### WORK REQUEST
State how many lines in the entries below contain "TheVariants". Write nothing but the number.

Stored data entries
________
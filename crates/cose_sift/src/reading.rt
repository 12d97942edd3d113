//! Whether an item can be read.
ghost use Rattle.std.specs.Prelude.{◌≡◌, ◌≢◌, ◌⊎◌, IfOk, IfErr, MatchBool, false};
ghost use Rattle.ciborium.specs.declared.de.Error.TheVariants as code;
ghost use Rattle.cose_sift.specs.Reading.{IsReadable, Unread};
ghost use Rattle.cbor_walk.specs.Walking.{IsOne};
ghost use Rattle.cose_sift.specs.declared.items.Halt.TheVariants as halt;
ghost use Rattle.cose_sift.specs.declared.taking.Stop.TheVariants as stop;

use crate::items::Halt;
use crate::taking::Stop;
use ciborium::de;
use ciborium_ll::{Decoder, End};
use std::alloc::Global;

/// Whether ciborium reads the item, of at most `RECURSION_LIMIT` levels.
///
/// # Errors
/// `Decode` with `Memory`, or with `TooLong` if its bytes are within 4,096 of 2^64.
pub fn is_readable(alloc: Global, item: &[u8]) -> Result<bool, Halt>
    requires { IsOne item.now }
    ensures ok { IfOk result (λ yes. MatchBool yes (IsReadable item.now)
        (IsReadable item.now → ⊥)) }
    ensures err { IfErr result (Unread item.now) }
{
    let mut decoder = Decoder::from(item);
    match de::from_decoder(alloc, &mut decoder, de::RECURSION_LIMIT) {
        Ok(value) => {
            drop(value);
            Ok(true)
        }
        Err(error) => unread(error),
    }
}

/// What an error says of an item: it can't be read, unless nothing is said.
fn unread(error: de::Error<End>) -> Result<bool, Halt>
    ensures ok { IfOk result (λ yes. (yes ≡ false) × (error ≢ code.Memory)
        × (error ≢ code.TooLong)) }
    ensures err { IfErr result (λ h.
        ((error ≡ code.Memory) × (h ≡ halt.Decode stop.Memory))
        ⊎ ((error ≡ code.TooLong) × (h ≡ halt.Decode stop.TooLong))) }
{
    match error {
        de::Error::Memory => Err(Halt::Decode(Stop::Memory)),
        de::Error::TooLong => Err(Halt::Decode(Stop::TooLong)),
        de::Error::Io(_) => Ok(false),
        de::Error::Syntax(_) => Ok(false),
        de::Error::Semantic(_, _) => Ok(false),
        de::Error::RecursionLimitExceeded => Ok(false),
    }
}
________
### RESULT OF THIS TASK
3